■ Exercise instructions ■
For each line of the listing below that contains the string "locations", copy the line.

■ Input material ■
//! What is asked for a sink, and for a request of the next epoch.

ghost use Rattle.std.specs.Prelude.{◌≡◌, ◌<◌, length, take, Some, false, IfOk, OnOk, OnErr};
ghost use Rattle.epoch_model.specs.Crossing.{added, added_all};
ghost use Rattle.stream_model.specs.Streams.{places_up_to};
ghost use Rattle.stream_model.specs.Passes.{asked_more};
ghost use Rattle.source_labels.specs.Words.{log_of};
ghost use Rattle.epoch_summary.specs.Summaries.{nodes_of, summary_of};
ghost use Rattle.pass_parts.specs.Known.{known};
ghost use Rattle.pass_parts.specs.Requests.{IsCounted, AreCounted};
ghost use Rattle.backward_pass.specs.Backward.{AreAsked, IsWalked, IsRequested};
ghost use Rattle.backward_pass.specs.Needs.{AreOfLog};

use crate::node_needs::NodeNeeds;
use epoch_summary::{Asked, Summary};
use flow_model::Loc;
use no_memory::NoMemory;
use pass_parts::{Request, Requests, is_location, share_end_terms};

/// Asks for a start location. It gives how many of the asked locations there are up to it. When out of memory nothing is
/// asked.
pub(crate) fn add_start(asked: &mut Asked, start: Loc) -> Result<usize, NoMemory>
    ensures added { OnOk result (asked.new ≡ added asked.old start) }
    ensures up_to { IfOk result (λ n. n ≡ places_up_to asked.new start) }
    ensures err { OnErr result (asked.new ≡ asked.old) }
{
    let place = asked.add(start)?;
    asked.form();
    let _count = asked.count(); // so that the number after a place fits
    Ok(place + 1)
}

/// Asks for some start locations in turn. When out of memory, part of them may be asked.
pub(crate) fn add_all(starts: &[Loc], asked: &mut Asked) -> Result<(), NoMemory>
    ensures { OnOk result (asked.new ≡ added_all asked.old starts.now) }
{
    for start in starts {
        asked.add(*start)?;
    }
    Ok(())
}

/// Asks for where the content of a sink was at the epoch's start. The first epoch asks nothing, and a sink with the
/// label of the one before it nothing more. When out of memory, part of it may be asked.
pub(crate) fn add_sink(
    summary: &Summary,
    needs: &mut NodeNeeds,
    number: usize,
    first: bool,
    asked: &mut Asked,
) -> Result<(), NoMemory>
    requires inside { number < length (summary_of summary.now).sinks }
    requires of_log { AreOfLog (log_of (nodes_of summary.now)) asked.old needs.old }
    requires walked { first ≡ false → AreAsked asked.old (take number (summary_of summary.now).sinks) }
    ensures of_log { AreOfLog (log_of (nodes_of summary.now)) asked.new needs.new }
    ensures walked { OnOk result (IsWalked first (summary_of summary.now).sinks number asked.old asked.new) }
{
    if first || summary.shares_terms(number) {
        return Ok(());
    }
    needs.ask(summary.nodes(), summary.sinks()[number].label, asked)?;
    Ok(())
}

/// Asks for where the content of a location was at the epoch's start, and counts what must be answered before it. One
/// with the label of the location that was requested last needs the same, and nothing more is asked. When out of memory,
/// part of it may be asked.
fn add_location(
    summary: &Summary,
    needs: &mut NodeNeeds,
    loc: Loc,
    asked: &mut Asked,
    requests: &Requests,
) -> Result<usize, NoMemory>
    requires of_log { AreOfLog (log_of (nodes_of summary.now)) asked.old needs.old }
    requires counted { AreCounted asked.old (known (Some summary.now)) requests.now.items }
    ensures of_log { AreOfLog (log_of (nodes_of summary.now)) asked.new needs.new }
    ensures asked { OnOk result (asked.new ≡ added_all asked.old ((known (Some summary.now)).ends loc).starts) }
    ensures counted { IfOk result (λ n.
        IsCounted asked.new (known (Some summary.now)) (record { loc = loc; needed_first = n })) }
{
    if let Some(last) = requests.last() {
        if share_end_terms(summary, last.loc, loc) {
            return Ok(last.needed_first);
        }
    }
    if !is_location(loc) {
        return add_start(asked, loc);
    }
    needs.ask(summary.nodes(), summary.end_label(loc), asked)
}

/// Asks for where the content of a requested location was at the epoch's start, and notes the request. The first epoch
/// asks nothing. When out of memory, part of it may be asked.
pub(crate) fn add_request(
    summary: &Summary,
    needs: &mut NodeNeeds,
    loc: Loc,
    first: bool,
    asked: &mut Asked,
    requests: &mut Requests,
) -> Result<(), NoMemory>
    requires of_log { AreOfLog (log_of (nodes_of summary.now)) asked.old needs.old }
    requires counted { first ≡ false → AreCounted asked.old (known (Some summary.now)) requests.old.items }
    ensures of_log { AreOfLog (log_of (nodes_of summary.now)) asked.new needs.new }
    ensures asked { OnOk result (asked.new ≡ asked_more first asked.old ((known (Some summary.now)).ends loc).starts) }
    ensures noted { OnOk result
        (IsRequested first asked.new (known (Some summary.now)) loc requests.old.items requests.new.items) }
{
    let mut needed_first = 0;
    if !first {
        needed_first = add_location(summary, needs, loc, asked, requests)?;
    }
    requests.push(Request { loc, needed_first })?;
    Ok(())
}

■ Solution to the exercise ■
/// Asks for a start location. It gives how many of the asked locations there are up to it. When out of memory nothing is
/// Asks for some start locations in turn. When out of memory, part of them may be asked.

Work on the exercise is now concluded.